Anderson Torres chega a Brasília neste sábado; STF ordenou prisão de ex-ministro
Ao deixar ministério, ele foi nomeado secretário de Segurança do DF; Torres viajou para os EUA um dia antes dos atos de vandalismo
Brasília|Do R7, em Brasília

O ex-secretário de Segurança Pública do Distrito Federal Anderson Torres deve desembarcar no aeroporto de Brasília por volta das 6h30 deste sábado (13), vindo dos Estados Unidos. Torres teve a prisão decretada pelo Supremo Tribunal Federal por omissão nos atos de vandalismo que terminaram com a depredação das sedes dos três poderes da República, em Brasília, no último dia 8.
Ex-ministro da Justiça do presidente Jair Bolsonaro, Torres havia sido nomeado secretário de Segurança pelo governador do DF, Ibaneis Rocha, no último dia 5. Dois dias depois, na véspera dos ataques aos prédios dos três poderes, viajou para a Flórida, nos Estados Unidos, de férias. No mesmo dia dos ataques, Ibaneis anunciou a exoneração dele, publicada no dia 9 no Diário Oficial do DF.
Vídeos que começaram a circular nas redes sociais no final da noite dessa sexta-feira (13) mostravam o ex-secretário escoltado por policiais americanos no Aeroporto de Miami, embarcando para o Brasil.
Ibaneis afirmou ao R7 que Torres embarcou antes das férias e sem avisá-lo. Oficialmente, contudo, as férias do ex-secretário começariam apenas na segunda-feira (9).
As cenas de vandalismo levaram à intervenção do governo federal na área de segurança pública do DF e ao afastamento do governador do cargo por decisão do ministro Alexandre de Moraes, do Supremo Tribunal Federal (STF).

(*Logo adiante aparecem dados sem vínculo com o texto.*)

//! What names are bound to, and the room in which it is kept.

ghost use Rattle.std.specs.Prelude.{◌≡◌, ◌∷◌, [], ◌≤◌, ◌<◌, ◌+◌, length, reverse, slice_get, IfOk};
ghost use Rattle.term_model.specs.Limits.{most_height};
ghost use Rattle.term_model.specs.Terms.{expression, contract};
ghost use Rattle.term_model.specs.Sizes.{height, height_of_contract};
ghost use Rattle.expr_eval.specs.Rooms.{IsWithoutFirst};
ghost use Rattle.expr_eval.specs.Answers.{held_of};

use crate::heights::height_of;
use decimal::NoMemory;
use std::alloc::Global;
use std::marker::Model;
use term_core::counts;
use term_model::{Contr, Expr, Kind, Missing, Value};

/// What a bound name holds: the value of its expression, or the first place that the expression
/// reads and that is not fixed.
#[derive(Clone, Copy, Debug, PartialEq, Eq)]
pub enum Held {
    Known { value: Value },
    Lacking { missing: Missing },
}

impl Held {
    /// What a name holds that is bound to an expression with this answer.
    pub fn of(answer: Result<Value, Missing>) -> Held
        ensures { result ≡ held_of answer }
    {
        match answer {
            Ok(value) => Held::Known { value },
            Err(missing) => Held::Lacking { missing },
        }
    }
}

/// The entry of a bound name: the kind of its expression, and what it holds.
#[derive(Clone, Copy, Debug, PartialEq, Eq)]
pub struct Binding {
    pub kind: Kind,
    pub held: Held,
}

/// The entries of the names that are bound around a place in a contract, innermost first, and how
/// many more have room.
#[derive(Drop)]
pub struct Scratch {
    // The innermost stands last.
    items: Vec<Binding>,
    spare: usize,
}

impl Model for Scratch {
    ghost use Rattle.expr_eval.specs.Rooms.{Room};
    ghost use Rattle.std.specs.Prelude.{reverse, vec_len, vec_capacity, ◌+◌, ◌≤◌};

    ghost Value = { Room };

    ghost view = { λ s. record { entries = reverse s.items.items; spare = s.spare } };

    ghost invariant = { λ s. vec_len s.items + s.spare ≤ vec_capacity s.items };
}

impl Scratch {
    /// No entries, with room for some.
    pub fn with_room(alloc: Global, spare: usize) -> Result<Scratch, NoMemory>
        ensures empty { IfOk result (λ s. s.entries ≡ []) }
        ensures spare { IfOk result (λ s. s.spare ≡ spare) }
    {
        let items = Vec::with_capacity(alloc, spare)?;
        Ok(Scratch { items, spare })
    }

    /// No entries, with room for as many as a contract can need.
    pub fn for_contract(alloc: Global, c: &Contr) -> Result<Scratch, NoMemory>
        requires low { height_of_contract (contract c.now) ≤ 1_000 }
        ensures empty { IfOk result (λ s. s.entries ≡ []) }
        ensures spare { IfOk result (λ s. height_of_contract (contract c.now) ≤ s.spare) }
    {
        Scratch::with_room(alloc, counts(c).height as usize)
    }

    /// No entries, with room for as many as an expression can need.
    pub fn for_expr(alloc: Global, e: &Expr) -> Result<Scratch, NoMemory>
        requires low { height (expression e.now) ≤ 1_000 }
        ensures empty { IfOk result (λ s. s.entries ≡ []) }
        ensures spare { IfOk result (λ s. height (expression e.now) ≤ s.spare) }
    {
        Scratch::with_room(alloc, height_of(e) as usize)
    }

    /// No entries, with room for as many as a term of that height can need. No accepted contract is
    /// higher than 200, so that room for 200 serves each of its parts and of what is left of it,
    /// and none of them is walked for it.
    pub fn for_height(alloc: Global, height: u32) -> Result<Scratch, NoMemory>
        requires low { height ≤ most_height }
        ensures empty { IfOk result (λ s. s.entries ≡ []) }
        ensures spare { IfOk result (λ s. height ≤ s.spare) }
    {
        Scratch::with_room(alloc, height as usize)
    }

    /// Enters a name: its entry is the innermost from now on. It takes no memory.
    pub fn enter(&mut self, kind: Kind, held: Held)
        requires { 1 ≤ self.old.spare }
        ensures entries { self.new.entries
            ≡ record { kind = kind; held = held } ∷ self.old.entries }
        ensures spare { self.new.spare + 1 ≡ self.old.spare }
    {
        match self.items.push(Binding { kind, held }) {
            Ok(()) => self.spare -= 1,
            Err(_) => unreachable!(),
        }
    }

    /// Leaves the innermost name. It takes no memory.
    pub fn leave(&mut self)
        requires { 1 ≤ length self.old.entries }
        ensures entries { IsWithoutFirst self.old.entries self.new.entries }
        ensures spare { self.new.spare ≡ self.old.spare + 1 }
    {
        let _ = self.items.pop();
        self.spare += 1;
    }

    /// The entry of the name that is bound `back` binders further out than the innermost.
    pub fn at(&self, back: usize) -> Option<Binding>
        ensures { result ≡ slice_get self.now.entries back }
    {
        at_end(self.items.as_slice(), back)
    }
}

// The element at a distance from the last.
fn at_end(items: &[Binding], back: usize) -> Option<Binding>
    ensures { result ≡ slice_get (reverse items.now) back }
{
    if back < items.len() {
        Some(items[items.len() - 1 - back])
    } else {
        None
    }
}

O interventor federal no DF, Ricardo Cappelli, também havia dito que o ex-secretário não estava oficialmente autorizado a se ausentar. O ministro da Justiça, Flávio Dino, afirmou que pediria a extradição de Torres caso ele não voltasse ao Brasil até segunda-feira (16) (veja vídeo abaixo).
Na última terça (12), Anderson Torres afirmou que voltaria ao Brasil para se apresentar à Justiça e cuidar da sua defesa (confira abaixo a publicação nas redes sociais).
Decreto para mudar as eleições
Apontado por omissão que teria facilitado a ação dos vândalos, o ex-ministro terá ainda de se explicar sobre uma minuta (espécie de rascunho) de um decreto encontrado pela Polícia Federal na casa dele na quinta-feira (12) que tentaria mudar o resultado das eleições presidenciais de 2022.
O documento estava foi encontrado durante operação de busca e apreensão determinada pelo STF na casa do ex-secretário e ex-ministro (veja abaixo a íntegra da minuta):

O secretário alegou que o documento estava em uma pilha de papéis que ele pretendia triturar no Ministério da Justiça e que a revelação da minuta foi feita "fora de contexto".
Depredação em Brasília
Cerca de 1.500 extremistas foram presos no DF por participação nos atos de depredação no Congresso, no Palácio do Planalto e no STF. De acordo com o ministro-chefe da Secretaria de Comunicação Social (Secom) da Presidência, Paulo Pimenta, a Polícia Federal havia lavrado 1.261 autos de prisão e apreensão em decorrência da invasão.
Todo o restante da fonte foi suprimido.